Bordignon pointed out that there are examples of retrofits projects for commercial facilities that have achieved 20-50% ROI and at a payback period of less than one year. “Such returns are possible by deploying at scale of new technologies, such as IoT and AI,” he said. “The improvement in the economics of the sector is also noticed by facility owners as well as by financial investors.” Bordignon added that sectors where energy is a significant component of the total cost of ownership are more interested in energy efficiency, as the impact on the bottom line can be evident in the early years of equipment and design installation. “Most commercial buildings, such as malls, hotels, hospitals and airports, are great candidates due to very high energy consumption needed to operate long hours to maintain cooling demand,” he said. “For instance, Dubai Airport is pursuing a multi-year retrofit project, targeting 23% annual energy savings.”
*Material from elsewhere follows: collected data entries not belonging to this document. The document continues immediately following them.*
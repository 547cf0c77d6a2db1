ghost use Rattle.std.specs.Prelude.{◌≡◌, IfOk, true};
ghost use Rattle.ring_core.specs.Ring.{IsElem};
ghost use Rattle.ring_core.specs.Coeffs.{are_elems};
ghost use Rattle.ring_core.specs.Powers.{power_of, value_at};

use super::field::{E, Field};
use super::lists::coeff_at;
use super::memory::NoMemory;
use super::ring::Ring;
use std::alloc::Global;

/// The product of `k` times `a`, one for `k = 0`. Squares the power at half of `k`, so it makes at
/// most two products for each binary digit of `k`.
pub fn power<R: Ring>(alloc: Global, r: &R, a: &R::Elem, k: u128) -> Result<R::Elem, NoMemory>
    requires { IsElem (R.ops r.now) a.now }
    ensures value { IfOk result (λ v. v ≡ power_of (R.ops r.now) a.now k) }
    ensures elem { IfOk result (IsElem (R.ops r.now)) }
{
    if k == 0 {
        return Ok(r.one(alloc)?);
    }
    let half = power(alloc, r, a, k / 2)?;
    let square = r.mul(alloc, &half, &half)?;
    if k % 2 == 0 {
        Ok(square)
    } else {
        Ok(r.mul(alloc, &square, a)?)
    }
}

/// The product of `k` times `a` in a field, one for `k = 0`, by squares as in `power`. Takes no memory.
pub fn field_power<F: Field>(field: &F, a: E<F>, k: u128) -> E<F>
    requires { IsElem (F.ops field.now) a }
    ensures value { result ≡ power_of (F.ops field.now) a k }
    ensures elem { IsElem (F.ops field.now) result }
{
    if k == 0 {
        return field.one();
    }
    let half = field_power(field, a, k / 2);
    let square = field.mul(half, half);
    if k % 2 == 0 {
        square
    } else {
        field.mul(square, a)
    }
}

/// The value at `x` of the polynomial with these coefficients, lowest first, by Horner's rule. Takes no
/// memory.
pub fn value_of<F: Field>(field: &F, list: &[E<F>], x: E<F>) -> E<F>
    requires list { are_elems (F.ops field.now) list.now ≡ true }
    requires point { IsElem (F.ops field.now) x }
    ensures value { result ≡ value_at (F.ops field.now) list.now x }
    ensures elem { IsElem (F.ops field.now) result }
{
    let mut sum = field.zero();
    for i in (0..list.len()).rev() {
        let coeff = coeff_at(field, list, i);
        let shifted = field.mul(sum, x);
        sum = field.add(coeff, shifted);
    }
    sum
}

/// The sum of `coeffs[i] * a^i`, by Horner's rule. No coefficient need commute with `a`.
pub fn eval<R: Ring>(
    alloc: Global,
    r: &R,
    coeffs: &[R::Elem],
    a: &R::Elem,
) -> Result<R::Elem, NoMemory>
    requires coeffs { are_elems (R.ops r.now) coeffs.now ≡ true }
    requires point { IsElem (R.ops r.now) a.now }
    ensures value { IfOk result (λ v. v ≡ value_at (R.ops r.now) coeffs.now a.now) }
    ensures elem { IfOk result (IsElem (R.ops r.now)) }
{
    let mut sum = r.zero(alloc)?;
    for i in (0..coeffs.len()).rev() {
        let shifted = r.mul(alloc, &sum, a)?;
        sum = r.add(alloc, &coeffs[i], &shifted)?;
    }
    Ok(sum)
}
When it comes to new facilities, Bordignon said the conundrum between facility developer, owner and operator needs to be addressed to ensure innovative building design, technologies, materials and systems are deployed, even if it represents incremental development costs. “In the short term, more detailed regulations and frameworks that take into consideration the total asset lifecycle cost can dictate energy efficiency in buildings, particularly during the construction phase,” he said. “New data centres, where energy cost represent up to 10% of operating costs, can easily overcome such conflicts and incorporate green designs since inception to lower energy consumption by leveraging new technologies, such as big data and machine learning, and physical layouts, such as closed cold corridors.” Bordignon pointed out that a quick and easy process to determine appropriate energy-efficiency solutions, reduced transaction costs as well as access to competitive capital and investment risk management are key factors considered to ensure a financial case can be made.

On whether the same financial case can be utilised to make a case for indoor air quality, Bordignon said there are challenges. “While the benefits of improving indoor air quality were established several years ago, the potential health and productivity benefits have not yet been integrated in the conventional economic calculations related to building design and operation,” he said. “Such integration could provide economic arguments for applying measures to reduce internal air pollution.”